Never use Internet Explorer (well, only to install another browser - make sure
you get it from the official site, there are so many underhanded
browser/utility download sites there.)

Install the adblock plugin on Firefox

MS Security essentials is good

use Malware Bytes - it will catch a lot of stuff.

When in doubt (especially on suspicious messages,) do nothing, shut down and
reboot.

Be prepared to wait a lot for updates to complete

If you can avoid outlook, go with Thunderbird, otherwise be wary of emails
(addresses are hidden)

Turn "on" view all file extensions in folder options.

Be very wary on installer dialogs, some have checkboxes you need to uncheck to
not install additional unwanted things, others frontload installers for
unwanted apps ahead of the main installer, etc.

Make sure you keep acrobat, flash, office, java, etc. updated.
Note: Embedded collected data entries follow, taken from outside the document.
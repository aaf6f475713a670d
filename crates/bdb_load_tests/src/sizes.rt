// How many pages the files of texts have, by the rules of docs/FORMAT.md, "Built trees", and that they dump as their texts.
use crate::asked::ask;
use crate::loaded::image_of;
use bdb_tool::Bytes;
use std::alloc::{AllocError, Global};
use std::test::Fail;

/// A text of pairs: each key is one letter, the same for all or the next one for each; each datum is two digits that tell its
/// place, and zeros.
#[derive(Clone, Copy)]
struct Shape {
    header: &'static [u8],
    pairs: u8,
    first_key: u8,
    same_key: bool,
    zeros: usize,
}

fn push_pair(text: &mut Bytes, shape: &Shape, at: u8) -> Result<(), AllocError> {
    let key = if shape.same_key {
        shape.first_key
    } else {
        shape.first_key.saturating_add(at)
    };
    text.push_all(&[b' ', key, b'\n', b' ', b'0' + at / 10 % 10, b'0' + at % 10])?;
    for _ in 0..shape.zeros {
        text.push_all(b"0")?;
    }
    text.push_all(b"\n")
}

fn text_of(alloc: Global, shape: &Shape) -> Result<Bytes, AllocError> {
    let mut text = Bytes::new(alloc);
    text.push_all(shape.header)?;
    for at in 0..shape.pairs {
        push_pair(&mut text, shape, at)?;
    }
    text.push_all(b"DATA=END\n")?;
    Ok(text)
}

// A row: a text, how many bytes its file has, and what `verify` says of it.
type Row = (Shape, usize, &'static [u8]);

#[test]
fn files_have_the_counted_pages(rt: HostRuntime) -> Result<(), Fail> {
    let rows: [Row; 4] = [
        // a datum of 5,000 bytes: a leaf, and eleven pages of a chain, ten of 486 bytes and one of 140
        (
            Shape {
                header: b"VERSION=3\nformat=print\ntype=btree\ndb_pagesize=512\ndb_lorder=1234\nHEADER=END\n",
                pairs: 1,
                first_key: b'a',
                same_key: true,
                zeros: 4998,
            },
            6656,
            b"sound, 13 pages\n",
        ),
        // a key with its datum takes 32 bytes, so a leaf takes 15 of them: two leaves and a root
        (
            Shape {
                header: b"VERSION=3\nformat=print\ntype=btree\ndb_pagesize=512\ndb_lorder=1234\nHEADER=END\n",
                pairs: 20,
                first_key: b'A',
                same_key: false,
                zeros: 18,
            },
            2048,
            b"sound, 4 pages\n",
        ),
        // 40 data of one key would take 804 bytes, more than 121: a leaf, and a tree of two leaves and a root
        (
            Shape {
                header: b"VERSION=3\nformat=print\ntype=btree\ndb_pagesize=512\ndb_lorder=4321\nduplicates=1\nHEADER=END\n",
                pairs: 40,
                first_key: b'a',
                same_key: true,
                zeros: 8,
            },
            2560,
            b"sound, 5 pages\n",
        ),
        // the same, sorted
        (
            Shape {
                header: b"VERSION=3\nformat=print\ntype=btree\ndb_pagesize=512\ndb_lorder=1234\nduplicates=1\ndupsort=1\nHEADER=END\n",
                pairs: 40,
                first_key: b'a',
                same_key: true,
                zeros: 8,
            },
            2560,
            b"sound, 5 pages\n",
        ),
    ];
    for (shape, long, verdict) in rows {
        let text = text_of(rt.alloc(), &shape)?;
        let image = image_of(rt.alloc(), text.as_slice())?;
        assert_eq!(rt; image.as_slice().len(), long);
        ask(&rt, rt.alloc(), image.as_slice(), &["verify"], 0, verdict)?;
        ask(
            &rt,
            rt.alloc(),
            image.as_slice(),
            &["dump", "--print"],
            0,
            text.as_slice(),
        )?;
    }
    Ok(())
}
If you don’t just click on any link you will be fine for the most part, a lot
of the traps are crafted to get the rubes, be careful on clickbait.

------
higherpurpose
Create a Standard user account after the default Admin one. Use that.

Use EMET on max settings.

Try to use whitelists if possible (AppLocker). Relevant post:
[https://community.spiceworks.com/how_to/59664-free-almost-
pe...](https://community.spiceworks.com/how_to/59664-free-almost-perfect-
malware-protection-with-gpo-app-locker)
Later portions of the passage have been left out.